use be_color::{Color, Rgb};
use be_geom::{NoMemory, Point, Rect};
use be_pane::Pane;
use be_region::Region;
use be_span::{Cell, SpanBuf};
use be_views::ViewTree;
use std::alloc::Global;
use std::test::Fail;

const WHITE: Color = Color::Solid(Rgb::WHITE);

const SQUARE: Rect = Rect {
    left: 3,
    top: 4,
    right: 4,
    bottom: 5,
};

/// Window 7, which has one view.
fn first_pane(alloc: Global) -> Result<Pane, NoMemory> {
    let tree = ViewTree::new(alloc, 1, 1)?;
    let mut colors = Vec::new(alloc);
    colors.push(WHITE)?;
    if colors.len() != tree.len() {
        return Err(NoMemory);
    }
    Pane::new(alloc, 7, tree, colors)
}

/// The square, whose last pixel is dirty or not.
fn square(alloc: Global, dirty: bool) -> Result<SpanBuf, NoMemory> {
    let mut spans = SpanBuf::prepare(alloc, Region::from_rect(alloc, SQUARE)?)?;
    let cell = Cell {
        rgb: Rgb::WHITE,
        dirty,
    };
    let _inside = spans.set(4, 5, cell);
    Ok(spans)
}

#[test]
fn a_new_pane_owns_no_pixel(rt: HostRuntime) -> Result<(), Fail> {
    let pane = first_pane(rt.alloc())?;
    assert_eq!(rt; pane.window, 7);
    assert_eq!(rt; pane.place, Point { x: 0, y: 0 });
    assert_eq!(rt; pane.spans().region().count(), 0);
    assert_eq!(rt; pane.spans().get(0, 0), None);
    assert_eq!(rt; pane.tree().view_at(1, 1), Some(0));
    assert_eq!(rt; pane.colors.as_slice(), [WHITE].as_slice());
    assert_eq!(rt; pane.states.len(), 1);
    assert!(rt; pane.session().is_none());
    assert!(rt; !pane.notified);
    assert!(rt; !pane.is_owed());
    Ok(())
}

#[test]
fn a_notice_is_owed(rt: HostRuntime) -> Result<(), Fail> {
    for (dirty, in_session, notified, owed) in [
        (true, false, false, true),
        (false, false, false, false),
        (true, true, false, false),
        (true, false, true, false),
        (true, true, true, false),
        (false, true, true, false),
    ] {
        let mut pane = first_pane(rt.alloc())?;
        pane.place = Point { x: 3, y: 4 };
        pane.spans = square(rt.alloc(), dirty)?;
        if in_session {
            pane.session = Some(Region::from_rect(rt.alloc(), SQUARE)?);
        }
        if notified {
            pane.mark_notified();
        }
        assert_eq!(rt; pane.is_owed(), owed, "{dirty} {in_session} {notified}");
        assert_eq!(rt; pane.session().is_some(), in_session);
        assert_eq!(rt; pane.spans().dirty_count(), usize::from(dirty));
    }
    Ok(())
}

#[test]
fn a_drawn_pixel_ends_the_debt(rt: HostRuntime) -> Result<(), Fail> {
    let mut pane = first_pane(rt.alloc())?;
    pane.spans = square(rt.alloc(), true)?;
    assert!(rt; pane.is_owed());
    pane.spans.clear_marks();
    assert!(rt; !pane.is_owed());
    Ok(())
}
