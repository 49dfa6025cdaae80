use be_flat::Bytes;
use be_message::Target;
use be_port::{Duty, Letter, NoticeFault, Port, PostFault, Posted, Sender};
use std::alloc::{AllocError, Global};
use std::process::Abort;
use std::test::Fail;

/// What came of a notice.
#[derive(Clone, Copy, Debug, PartialEq, Eq)]
enum Noticed {
    Accepted(u64),
    BadPort,
    Standing,
}

/// What is asked of a port, and what is due.
#[derive(Clone, Copy, Debug, PartialEq, Eq)]
enum Step {
    /// A post of a letter of this hop.
    Post(u8, Posted),
    Notice(Noticed),
    /// The number of the letter that is taken, and whether it is a notice.
    Take(Option<(u64, bool)>),
    Len(usize),
    Close,
}

fn letter(alloc: Global, hop: u8) -> Result<Letter, AllocError> {
    Ok(Letter {
        number: 77,
        sender: Sender::App(3),
        target: Target::View(2),
        hop,
        duty: Duty::Owed(3),
        notice: hop % 2 == 0,
        bytes: Bytes::from_vec(vec![in alloc; hop, 1, 2]?),
    })
}

/// The same letter but for what the port sets.
fn is_letter(letter: &Letter, hop: u8) -> bool {
    letter.sender == Sender::App(3)
        && letter.target == Target::View(2)
        && letter.hop == hop
        && letter.duty == Duty::Owed(3)
        && letter.bytes.as_slice() == [hop, 1, 2].as_slice()
}

fn post(
    rt: &(impl Abort + Alloc<A = Global>),
    port: &mut Port,
    hop: u8,
) -> Result<Posted, AllocError> {
    assert!(rt; port.last_number() < u64::MAX);
    let judged = port.judge(hop);
    let answer = match port.post(letter(rt.alloc(), hop)?) {
        Ok(number) => Posted::Accepted(number),
        Err(PostFault::BadPort(back)) => {
            assert!(rt; is_letter(&back, hop));
            Posted::BadPort
        }
        Err(PostFault::TooDeep(back)) => {
            assert!(rt; is_letter(&back, hop));
            Posted::TooDeep
        }
        Err(PostFault::WouldBlock { len, letter: back }) => {
            assert!(rt; is_letter(&back, hop));
            Posted::WouldBlock(len)
        }
    };
    assert_eq!(rt; judged, answer);
    Ok(answer)
}

fn notice(rt: &(impl Abort + Alloc<A = Global>), port: &mut Port) -> Result<Noticed, AllocError> {
    assert!(rt; port.last_number() < u64::MAX);
    Ok(match port.notice(letter(rt.alloc(), 1)?) {
        Ok(number) => Noticed::Accepted(number),
        Err(NoticeFault::BadPort(back)) => {
            assert!(rt; is_letter(&back, 1));
            Noticed::BadPort
        }
        Err(NoticeFault::Standing(back)) => {
            assert!(rt; is_letter(&back, 1));
            Noticed::Standing
        }
    })
}

fn take(rt: &impl Abort, port: &mut Port) -> Option<(u64, bool)> {
    let seen = port.front().map(|letter| (letter.number, letter.notice));
    let taken = port.take()?;
    assert!(rt; is_letter(&taken, taken.hop));
    assert_eq!(rt; seen, Some((taken.number, taken.notice)));
    seen
}

fn run(
    rt: &(impl Abort + Alloc<A = Global>),
    port: &mut Port,
    steps: &[Step],
) -> Result<(), AllocError> {
    for step in steps {
        match *step {
            Step::Post(hop, due) => assert_eq!(rt; post(rt, port, hop)?, due),
            Step::Notice(due) => assert_eq!(rt; notice(rt, port)?, due),
            Step::Take(due) => assert_eq!(rt; take(rt, port), due),
            Step::Len(due) => assert_eq!(rt; port.len(), due),
            Step::Close => port.close(),
        }
    }
    Ok(())
}

#[test]
fn one_letter_and_a_notice(rt: HostRuntime) -> Result<(), Fail> {
    let mut port = Port::new(rt.alloc(), 1)?;
    assert_eq!(rt; port.capacity(), 1);
    let steps = [
        Step::Take(None),
        Step::Post(0, Posted::Accepted(1)),
        Step::Post(0, Posted::WouldBlock(1)),
        Step::Post(8, Posted::TooDeep),
        Step::Notice(Noticed::Accepted(2)),
        Step::Notice(Noticed::Standing),
        Step::Len(1),
        Step::Take(Some((1, false))),
        Step::Len(0),
        Step::Post(7, Posted::Accepted(3)),
        Step::Post(8, Posted::TooDeep),
        Step::Post(255, Posted::TooDeep),
        Step::Close,
        Step::Close,
        Step::Post(0, Posted::BadPort),
        Step::Post(8, Posted::BadPort),
        Step::Notice(Noticed::BadPort),
        Step::Len(1),
        Step::Take(Some((2, true))),
        Step::Notice(Noticed::BadPort),
        Step::Take(Some((3, false))),
        Step::Take(None),
        Step::Len(0),
    ];
    run(&rt, &mut port, steps.as_slice())?;
    Ok(())
}

#[test]
fn a_hundred_letters_and_a_notice(rt: HostRuntime) -> Result<(), Fail> {
    for place in [1, 51, 101] {
        let mut port = Port::new(rt.alloc(), 100)?;
        for number in 1..=101u64 {
            if number == place {
                assert_eq!(rt; notice(&rt, &mut port)?, Noticed::Accepted(number));
            } else {
                assert_eq!(rt; post(&rt, &mut port, 3)?, Posted::Accepted(number));
            }
        }
        assert_eq!(rt; port.len(), 100);
        assert_eq!(rt; post(&rt, &mut port, 3)?, Posted::WouldBlock(100));
        assert_eq!(rt; notice(&rt, &mut port)?, Noticed::Standing);
        for number in 1..=101u64 {
            assert_eq!(rt; take(&rt, &mut port), Some((number, number == place)));
        }
        assert_eq!(rt; take(&rt, &mut port), None);
        assert_eq!(rt; notice(&rt, &mut port)?, Noticed::Accepted(102));
    }
    Ok(())
}
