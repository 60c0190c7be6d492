//! The exit statuses of the three programs. Those from 64 on are of sysexits.h. `replay::status_of` says by a contract how
//! `jobd replay` ended. A `jobctl` that was refused exits with the code of the first refusal (`history_model::Refusal::code`) in place of these.
#![tactic(auto)]

/// Memory was refused: all three programs.
pub const NO_MEMORY: u8 = 1;

/// `jobd overrides`, and a help of `jobd`: the standard output failed.
pub const STREAMS: u8 = 3;

/// `jobd`: the store.
pub const STORE: u8 = 5;

/// `jobd serve`: the control socket.
pub const CONTROL_SOCKET: u8 = 6;

/// `jobd serve`: the zone.
pub const ZONE: u8 = 7;

/// `jobd serve`: the journal.
pub const JOURNAL: u8 = 8;

/// `jobd serve`: the clock was refused, or waiting, or the process can't serve as it was started.
pub const CLOCK_OR_WAITING: u8 = 9;

/// `jobd serve`: the folder of the spool.
pub const SPOOL: u8 = 10;

/// `jobscope check`: a file would not be loaded. `jobscope cron`: a line is refused.
pub const REFUSED: u8 = 1;

/// `jobscope drift`: a file differs from what is loaded, or a loaded job has no file.
pub const DIFFERS: u8 = 2;

/// Invalid usage: the arguments do not form a command (`EX_USAGE`). All three programs.
pub const USAGE: u8 = 64;

/// A file can't be read or used (`EX_DATAERR`): `jobctl`, `jobscope`.
pub const BAD_FILE: u8 = 65;

/// The launcher does not answer (`EX_UNAVAILABLE`): `jobctl`.
pub const NO_ANSWER: u8 = 69;

/// The clock can't be read (`EX_OSERR`): `jobscope`.
pub const BAD_CLOCK: u8 = 71;

/// The standard output failed (`EX_IOERR`): `jobctl`, `jobscope`.
pub const BAD_OUTPUT: u8 = 74;

/// The standard output's reader has closed it: the status of a program which a shell's pipe ended by SIGPIPE. `jobctl`,
/// `jobscope`.
pub const READER_GONE: u8 = 141;
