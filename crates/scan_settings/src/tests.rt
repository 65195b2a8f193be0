ghost use Rattle.std.specs.Prelude.{IfOk};
ghost use Rattle.scan_settings.specs.Lawful.{AreSettings, IsLawful};

use crate::{Command, Settings, Why, WordsFault, read_words};
use byte_kit::NoMemory;
use std::alloc::Global;

mod bad_words;
mod record;
mod settings;

// More words than any test has.
const WORDS_MOST: usize = 200;

// What these words are read as.
fn read(alloc: Global, words: &[&str]) -> Result<Result<Command, WordsFault>, NoMemory>
    ensures { IfOk result (λ read. IfOk read IsLawful) }
{
    let mut texts = Vec::new(alloc);
    for word in words {
        texts.push(String::from_str(alloc, word)?)?;
    }
    if texts.len() > WORDS_MOST {
        return Err(NoMemory);
    }
    Ok(read_words(alloc, texts.as_slice()))
}

// The settings of a command.
fn settings_of(command: &Command) -> &Settings
    ensures { IsLawful command.now → AreSettings result.now }
{
    match command {
        Command::Scan { settings, .. } => settings,
        Command::Generate { settings, .. } => settings,
    }
}

// The words are refused so.
fn refuses(alloc: Global, words: &[&str], word: u32, why: Why) -> Result<bool, NoMemory> {
    match read(alloc, words)? {
        Ok(_) => Ok(false),
        Err(fault) => Ok(fault == WordsFault::Usage { word, why }),
    }
}
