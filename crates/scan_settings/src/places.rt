// Judges the places of a command, and the words as a whole.
ghost use Rattle.std.specs.Prelude.{◌≡◌, ◌<◌, ◌≤◌, ◌^◌, length};
ghost use Rattle.scan_settings.specs.Settings.{texts, settings_given};
ghost use Rattle.scan_settings.specs.Words.{missing, number_fault, places_fault, bounds_fault};

use crate::action::Action;
use crate::fault::{BadWord, Why};
use crate::options::{WORD_MAX, WORD_MIN};
use crate::settings::{number_given, word_at};
use crate::values::{NumberRange, number_in};

/// The most place words of a scan: 64 parts, and the folder of the report.
pub const PLACES_MOST: usize = 65;

/// The numbers that an image may be made from.
pub const SEED: NumberRange = NumberRange {
    least: 0,
    greatest: 18_446_744_073_709_551_615,
    default: 0,
};

/// How many bytes an image that is made may have.
pub const SIZE: NumberRange = NumberRange {
    least: 0,
    greatest: 67_108_864,
    default: 0,
};

/// What is bad of the places, the first of which is the word of this number.
#[tactic(auto, unfolding(crate::specs::Words::places_fault))]
pub fn places_fault(action: Action, words: &[String], first: u32) -> Option<BadWord>
    requires within { first ≤ length words.now }
    requires few { length words.now < 2 ^ 32 }
    ensures { result ≡ places_fault action (texts words.now) first }
{
    match action {
        Action::Scan => scan_fault(words, first),
        Action::Generate => generate_fault(words, first),
    }
}

// The same of a scan, which has parts and a folder.
#[tactic(auto, unfolding(crate::specs::Words::places_fault))]
fn scan_fault(words: &[String], first: u32) -> Option<BadWord>
    requires within { first ≤ length words.now }
    requires few { length words.now < 2 ^ 32 }
    ensures { result ≡ places_fault Action.Scan (texts words.now) first }
{
    if words.len() - first as usize > PLACES_MOST {
        let why = Why::TooMany;
        let word = first + PLACES_MOST as u32;
        return Some(BadWord { word, why });
    }
    missing(words, first as usize + 1)
}

// The same of `generate`, whose places are a seed and a size.
#[tactic(auto, unfolding(crate::specs::Words::places_fault))]
fn generate_fault(words: &[String], first: u32) -> Option<BadWord>
    requires within { first ≤ length words.now }
    requires few { length words.now < 2 ^ 32 }
    ensures { result ≡ places_fault Action.Generate (texts words.now) first }
{
    if let Some(bad) = number_fault(SEED, words, first as usize) {
        return Some(bad);
    }
    if let Some(bad) = number_fault(SIZE, words, first as usize + 1) {
        return Some(bad);
    }
    if first as usize + 2 < words.len() {
        let why = Why::ExtraWord;
        return Some(BadWord {
            word: first + 2,
            why,
        });
    }
    None
}

// The word of this number is missing.
fn missing(words: &[String], at: usize) -> Option<BadWord>
    requires { length words.now < 2 ^ 32 }
    ensures { result ≡ missing (texts words.now) at }
{
    if at < words.len() {
        return None;
    }
    let word = words.len() as u32;
    let why = Why::PlaceMissing;
    Some(BadWord { word, why })
}

// The word of this number is no number of the range.
fn number_fault(range: NumberRange, words: &[String], at: usize) -> Option<BadWord>
    requires { length words.now < 2 ^ 32 }
    ensures { result ≡ number_fault range (texts words.now) at }
{
    if let Some(bad) = missing(words, at) {
        return Some(bad);
    }
    if number_in(word_at(words, at), range).is_some() {
        return None;
    }
    let why = Why::BadNumber;
    Some(BadWord {
        word: at as u32,
        why,
    })
}

/// The bounds of words that these options give, where they are crossed.
#[tactic(auto, unfolding(crate::specs::Settings::settings_given, crate::specs::Settings::plan_given))]
pub fn bounds_fault(words: &[String], options: &[u32]) -> Option<BadWord>
    requires { length words.now < 2 ^ 32 }
    ensures { result ≡ bounds_fault (texts words.now) (settings_given (texts words.now) options.now) }
{
    let least = number_given(words, options, "--word-min", WORD_MIN);
    let most = number_given(words, options, "--word-max", WORD_MAX);
    if least <= most {
        return None;
    }
    let why = Why::WordBounds;
    Some(BadWord {
        word: words.len() as u32,
        why,
    })
}
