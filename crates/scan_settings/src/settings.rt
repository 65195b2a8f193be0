// The settings, and how the options among the words give them.
ghost use Rattle.std.specs.Prelude.{◌≡◌, ◌≤◌, ◌<◌, IfOk, codes};
ghost use Rattle.scan_settings.specs.Settings.{texts, word_at, value_at, given_at, number_given, values_given, value_given, scanners_given, with_scanner, without_scanner, switched, plan_given, settings_given};

use crate::options::{
    CONTEXT, DEPTH, MARGIN, MASK, PAGE, SPOOL_LIMIT, WORD_MAX, WORD_MIN, WORKERS,
};
use crate::values::{NumberRange, number_in, scanner_of};
use byte_kit::{Bytes, Name, Names, NoMemory, Texts};
use forensic_path::Scanner;
use std::alloc::Global;

/// The scanners that are on by default, a bit each (`Scanner::bit`): all but that of words.
pub const SCANNERS: u16 = 0x03BF;

/// The first number with a bit that stands for no scanner.
pub const SCANNERS_END: u16 = 0x0400;

/// What a scan looks for, and how deep.
#[derive(Drop)]
pub struct Plan {
    /// The scanners and decoders that are on, a bit each (`Scanner::bit`).
    pub scanners: u16,
    /// How many buffers deep decoded bytes are searched, 0 to 7.
    pub depth: u8,
    /// The mask of the XOR view, or 0 for none.
    pub mask: u8,
    /// The fewest bytes of a word, 1 to `word_max`.
    pub word_min: u16,
    /// The most bytes of a word, up to 256.
    pub word_max: u16,
    /// How many bytes of context a feature has on either side, up to 128.
    pub context: u16,
    /// The keywords, at most 64 of 1 to 256 bytes.
    pub keywords: Texts,
    /// The patterns' texts, at most 4 of 1 to 256 bytes.
    pub patterns: Names,
}

/// All that options set.
#[derive(Drop)]
pub struct Settings {
    /// How many bytes a page has, 512 to 16,777,216.
    pub page: u64,
    /// How many bytes behind a page are read with it, 131,072 to 4,194,304.
    pub margin: u64,
    /// How many workers scan, 1 to 8.
    pub workers: u8,
    /// What a scan looks for.
    pub plan: Plan,
    /// The name of the stop list.
    pub stop: Option<Name>,
    /// The name of the alert list.
    pub alert: Option<Name>,
    /// How many bytes the spool may have, 1 to 2^48.
    pub limit: u64,
    /// Whether the text of a scan has its log.
    pub with_log: bool,
}

/// The word of this number; past the end it is empty.
pub fn word_at(words: &[String], at: usize) -> &str
    ensures { result.now ≡ word_at (texts words.now) at }
{
    match words.get(at) {
        Some(word) => word.as_str(),
        None => "",
    }
}

/// The first of these options that has this name.
#[tactic(auto, unfolding(crate::specs::Settings::given_at))]
pub fn given_at(words: &[String], options: &[u32], name: &str) -> Option<u32>
    ensures { result ≡ given_at (texts words.now) options.now name.now }
{
    for &at in options {
        if word_at(words, at as usize) == name {
            return Some(at);
        }
    }
    None
}

// The word behind an option.
fn value_at(words: &[String], at: u32) -> &str
    ensures { result.now ≡ value_at (texts words.now) at }
{
    word_at(words, at as usize + 1)
}

/// The number that the option of this name gives, or else the one that holds without it.
#[tactic(auto, unfolding(crate::specs::Settings::number_given))]
pub fn number_given(words: &[String], options: &[u32], name: &str, range: NumberRange) -> u64
    requires { range.default ≤ range.greatest }
    ensures number { result ≡ number_given (texts words.now) options.now name.now range }
    ensures most { result ≤ range.greatest }
{
    let Some(at) = given_at(words, options, name) else {
        return range.default;
    };
    match number_in(value_at(words, at), range) {
        Some(number) => number,
        None => range.default,
    }
}

// The value of the option of this name. Its one refusal is want of memory.
#[tactic(auto, unfolding(crate::specs::Settings::value_given))]
fn value_given(
    alloc: Global,
    words: &[String],
    options: &[u32],
    name: &str,
) -> Result<Option<Name>, NoMemory>
    ensures { IfOk result (λ value. value ≡ value_given (texts words.now) options.now name.now) }
{
    match given_at(words, options, name) {
        Some(at) => Ok(Some(Name::copy(alloc, value_at(words, at))?)),
        None => Ok(None),
    }
}

// The values of all options `--find`, in order. Its one refusal is want of memory.
#[tactic(auto, unfolding(crate::specs::Settings::values_given))]
fn keywords_given(alloc: Global, words: &[String], options: &[u32]) -> Result<Texts, NoMemory>
    ensures { IfOk result (λ keywords. keywords ≡ values_given (texts words.now) options.now (codes "--find")) }
{
    let mut keywords = Texts::make(alloc);
    for &at in options {
        if word_at(words, at as usize) == "--find" {
            keywords.add(Bytes::copy(alloc, value_at(words, at).as_bytes())?)?;
        }
    }
    Ok(keywords)
}

// The values of all options `--pattern`, in order. Its one refusal is want of memory.
#[tactic(auto, unfolding(crate::specs::Settings::values_given))]
fn patterns_given(alloc: Global, words: &[String], options: &[u32]) -> Result<Names, NoMemory>
    ensures { IfOk result (λ patterns. patterns ≡ values_given (texts words.now) options.now (codes "--pattern")) }
{
    let mut patterns = Names::make(alloc);
    for &at in options {
        if word_at(words, at as usize) == "--pattern" {
            patterns.add(Name::copy(alloc, value_at(words, at))?)?;
        }
    }
    Ok(patterns)
}

// The scanners with this one on.
fn with_scanner(scanners: u16, scanner: Scanner) -> u16
    requires { scanners < 1024 }
    ensures with { result ≡ with_scanner scanners scanner }
    ensures below { result < 1024 }
{
    if scanner.is_on(scanners) {
        scanners
    } else {
        scanners + (1 << scanner.bit())
    }
}

// The scanners with this one off.
fn without_scanner(scanners: u16, scanner: Scanner) -> u16
    requires { scanners < 1024 }
    ensures without { result ≡ without_scanner scanners scanner }
    ensures below { result < 1024 }
{
    if scanner.is_on(scanners) {
        scanners - (1 << scanner.bit())
    } else {
        scanners
    }
}

// The scanners behind this option.
fn switched(words: &[String], scanners: u16, at: u32) -> u16
    requires { scanners < 1024 }
    ensures switched { result ≡ switched (texts words.now) scanners at }
    ensures below { result < 1024 }
{
    let word = word_at(words, at as usize);
    let Some(scanner) = scanner_of(value_at(words, at)) else {
        return scanners;
    };
    if word == "-e" {
        with_scanner(scanners, scanner)
    } else if word == "-x" {
        without_scanner(scanners, scanner)
    } else {
        scanners
    }
}

// The scanners that are on: `-e` and `-x` are applied from left to right.
#[tactic(auto, unfolding(crate::specs::Settings::scanners_given))]
fn scanners_given(words: &[String], options: &[u32]) -> u16
    ensures given { result ≡ scanners_given (texts words.now) options.now }
    ensures below { result < 1024 }
{
    let mut scanners = SCANNERS;
    for &at in options {
        scanners = switched(words, scanners, at);
    }
    scanners
}

// What a scan looks for by these options. Its one refusal is want of memory.
fn plan_given(alloc: Global, words: &[String], options: &[u32]) -> Result<Plan, NoMemory>
    ensures { IfOk result (λ plan. plan ≡ plan_given (texts words.now) options.now) }
{
    Ok(Plan {
        scanners: scanners_given(words, options),
        depth: number_given(words, options, "--depth", DEPTH) as u8,
        mask: number_given(words, options, "--xor", MASK) as u8,
        word_min: number_given(words, options, "--word-min", WORD_MIN) as u16,
        word_max: number_given(words, options, "--word-max", WORD_MAX) as u16,
        context: number_given(words, options, "--context", CONTEXT) as u16,
        keywords: keywords_given(alloc, words, options)?,
        patterns: patterns_given(alloc, words, options)?,
    })
}

/// The settings that these options give. Its one refusal is want of memory.
pub fn settings_given(
    alloc: Global,
    words: &[String],
    options: &[u32],
) -> Result<Settings, NoMemory>
    ensures { IfOk result (λ settings. settings ≡ settings_given (texts words.now) options.now) }
{
    Ok(Settings {
        page: number_given(words, options, "--page", PAGE),
        margin: number_given(words, options, "--margin", MARGIN),
        workers: number_given(words, options, "--workers", WORKERS) as u8,
        plan: plan_given(alloc, words, options)?,
        stop: value_given(alloc, words, options, "--stop")?,
        alert: value_given(alloc, words, options, "--alert")?,
        limit: number_given(words, options, "--spool-limit", SPOOL_LIMIT),
        with_log: given_at(words, options, "--log").is_some(),
    })
}
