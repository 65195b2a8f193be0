// The commands.
ghost use Rattle.std.specs.Prelude.{◌≡◌};
ghost use Rattle.scan_settings.specs.Words.{action_of};

/// What a command does.
#[derive(Clone, Copy, Debug, PartialEq, Eq)]
pub enum Action {
    /// `scan`: searches the parts of an image, and writes a report into a folder.
    Scan,
    /// `generate`: makes an image, and searches it.
    Generate,
}

/// The command that a word names.
pub fn action_of(word: &str) -> Option<Action>
    ensures { result ≡ action_of word.now }
{
    if word == "scan" {
        Some(Action::Scan)
    } else if word == "generate" {
        Some(Action::Generate)
    } else {
        None
    }
}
════════
TASK BRIEF = Check every line of the data above for the string "refusal", and copy those that have it.

ANSWER FOR THIS EXERCISE =
//! `jobd replay` ended. A `jobctl` that was refused exits with the code of the first refusal (`history_model::Refusal::code`) in place of these.
// The value of the option of this name. Its one refusal is want of memory.
// The values of all options `--find`, in order. Its one refusal is want of memory.
// The values of all options `--pattern`, in order. Its one refusal is want of memory.
// What a scan looks for by these options. Its one refusal is want of memory.
/// The settings that these options give. Its one refusal is want of memory.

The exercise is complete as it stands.